Die Reaktion der Börse auf die jüngsten Quartalszahlen von Gesco fiel überraschend verhalten aus. Dabei lieferte die Industrieholding operativ durchaus positive Signale. Zwar gingen die Erlöse leicht auf 121,0 Mio. Euro zurück, gleichzeitig verbesserte sich jedoch die Auftragslage spürbar. Der Auftragseingang legte um 4,6 Prozent auf 138,2 Mio. Euro zu und deutet damit auf eine bessere Auslastung in den kommenden Quartalen hin.
Auch auf der Ergebnisseite zeigte sich eine klare Verbesserung. Das Periodenergebnis erhöhte sich deutlich um mehr als ein Drittel auf 2,8 Mio. Euro. Damit setzt sich die Erholung fort, die sich bereits nach dem schwachen Vorjahr abgezeichnet hatte.

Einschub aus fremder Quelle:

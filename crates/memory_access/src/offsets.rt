ghost use Rattle.std.specs.Prelude.{◌≡◌, ◌-◌, ◌^◌, length, pos, neg_ℤ, ◌+ℤ◌, ◌≤ℤ◌, ◌≤◌, true, All, MatchOption};
ghost use Rattle.std.specs.List.{list_any, list_all};
ghost use Rattle.tv_num.specs.Width.{wrapped};
ghost use Rattle.memory_access.specs.Blocks.{bytes_named};
ghost use Rattle.memory_access.specs.Offsets.{IndexFits, signed_index, scaled, is_index, is_nonzero, is_negative, last_sum, is_outside, leaves_block, gep_result};

use crate::blocks::{bytes_in, index_named};
use byte_block::{BlockName, Memory, Ptr, Value};
use tv_num::{Width, signed};

/// How many offsets there are.
const OFFSETS: i128 = 1 << 64;

/// An index of a getelementptr: a number of this width in two's complement, or poison, and how many
/// bytes it counts for.
#[derive(Clone, Copy, Debug, PartialEq, Eq)]
pub struct Index {
    pub value: Value,
    pub width: Width,
    pub scale: u64,
}

/// The index in two's complement; 0 where it is no number.
fn signed_of_index(index: &Index) -> i64
    requires { IndexFits index.now }
    ensures { result ≡ signed_index index.now }
{
    match index.value {
        Value::Num(number) => signed(number, index.width),
        Value::Poison | Value::Ptr(_) => 0,
    }
}

/// What an index adds to the offset. Its sum with an offset of 64 bits does not overflow.
fn scaled_index(index: &Index) -> i128
    requires { IndexFits index.now }
    ensures value { result ≡ scaled index.now }
    ensures low { neg_ℤ (pos (2 ^ 127 - 2 ^ 63)) ≤ℤ result }
    ensures high { result ≤ℤ pos (2 ^ 127 - 2 ^ 64) }
{
    signed_of_index(index) as i128 * index.scale as i128
}

fn are_numbers(indices: &[Index]) -> bool
    ensures { result ≡ list_all is_index indices.now }
{
    for index in indices {
        if !matches!(index.value, Value::Num(_)) {
            return false;
        }
    }
    true
}

/// Whether some index isn't 0.
fn has_nonzero(indices: &[Index]) -> bool
    requires { All IndexFits indices.now }
    ensures { result ≡ list_any is_nonzero indices.now }
{
    for index in indices {
        if signed_of_index(index) != 0 {
            return true;
        }
    }
    false
}

fn has_negative(indices: &[Index]) -> bool
    requires { All IndexFits indices.now }
    ensures { result ≡ list_any is_negative indices.now }
{
    for index in indices {
        if signed_of_index(index) < 0 {
            return true;
        }
    }
    false
}

/// Whether a sum is neither an offset in a block of this size nor that of its end.
fn is_past(size: u64, sum: i128) -> bool
    ensures { result ≡ is_outside size sum }
{
    sum < 0 || (size as i128) < sum
}

/// The exact sum after an index, if it is inside 0 to the size.
fn next_sum(size: u64, sum: u64, index: &Index) -> Option<u64>
    requires { IndexFits index.now }
    ensures { let exact = pos sum +ℤ scaled index.now in
        MatchOption result (is_outside size exact ≡ true) (λ next. (next ≤ size) × (pos next ≡ exact)) }
{
    let next = sum as i128 + scaled_index(index);
    if is_past(size, next) {
        None
    } else {
        Some(next as u64)
    }
}

/// Whether the base offset or a partial sum is outside 0 to the size. The exact sum is kept only
/// while it is inside.
fn leaves(size: u64, offset: u64, indices: &[Index]) -> bool
    requires { All IndexFits indices.now }
    ensures { result ≡ leaves_block size offset indices.now }
{
    if size < offset {
        return true;
    }
    let mut sum = offset;
    for index in indices {
        match next_sum(size, sum, index) {
            Some(next) => sum = next,
            None => return true,
        }
    }
    false
}

/// The offset after an index, modulo 2^64.
fn moved_offset(offset: u64, index: &Index) -> u64
    requires { IndexFits index.now }
    ensures { result ≡ wrapped 64 (pos offset +ℤ scaled index.now) }
{
    (offset as i128 + scaled_index(index)).rem_euclid(OFFSETS) as u64
}

/// The offset after all indices, modulo 2^64.
fn offset_after(offset: u64, indices: &[Index]) -> u64
    requires { All IndexFits indices.now }
    ensures { result ≡ wrapped 64 (last_sum (pos offset) indices.now) }
{
    let mut sum = offset;
    for index in indices {
        sum = moved_offset(sum, index);
    }
    sum
}

/// How many bytes the block of this name has; 0 where there is none.
fn size_named(memory: &Memory, name: BlockName) -> u64
    ensures { result ≡ length (bytes_named memory.now name) }
{
    match index_named(memory.as_slice(), name) {
        Some(i) => bytes_in(memory.get(i)).len() as u64,
        None => 0,
    }
}

/// Where a getelementptr leads (LLVM Language Reference, "getelementptr Instruction"): the base
/// moved by each index times its scale in bytes, modulo 2^64. It is poison where the base is no
/// pointer or an index no number; with `inbounds`, where some index isn't 0 and the base offset or
/// an exact partial sum is outside 0 to the size of the base's block; with `nuw`, where an index is
/// negative. A number among the indices is one of its width.
pub fn gep(memory: &Memory, base: Value, indices: &[Index], inbounds: bool, nuw: bool) -> Value
    requires { All IndexFits indices.now }
    ensures { result ≡ gep_result memory.now base indices.now inbounds nuw }
{
    let Value::Ptr(pointer) = base else {
        return Value::Poison;
    };
    let is_poison = !are_numbers(indices)
        || (inbounds
            && has_nonzero(indices)
            && leaves(size_named(memory, pointer.block), pointer.offset, indices))
        || (nuw && has_negative(indices));
    if is_poison {
        return Value::Poison;
    }
    Value::Ptr(Ptr {
        block: pointer.block,
        offset: offset_after(pointer.offset, indices),
    })
}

Die Zurückhaltung vieler Anleger dürfte vor allem mit dem Ausblick zusammenhängen. Für das Gesamtjahr plant Gesco einen Umsatzanstieg auf 515 bis 530 Mio. Euro sowie eine kräftige Ergebnisverbesserung auf 15 bis 20 Mio. Euro. Nach den Prognoseanpassungen im Vorjahr wird am Markt offenbar hinterfragt, wie realistisch diese Ziele sind.
Im Analystengespräch verwies das Management allerdings auf mehrere konkrete operative Hebel. Neben einer besseren Nachfrageentwicklung sollen insbesondere Effizienzmaßnahmen und Optimierungen innerhalb der Gruppe die Profitabilität erhöhen. Vor diesem Hintergrund wirkt die Bewertung der Aktie weiterhin vergleichsweise moderat.
(aktien-global.de, erstellt 18.04.26, 13:48 Uhr, veröffentlicht 18.04.26, 13:56 Uhr, bitte beachten Sie unseren Disclaimer zu potenziellen Interessenkonflikten: https://www.aktien-global.de/impressum/)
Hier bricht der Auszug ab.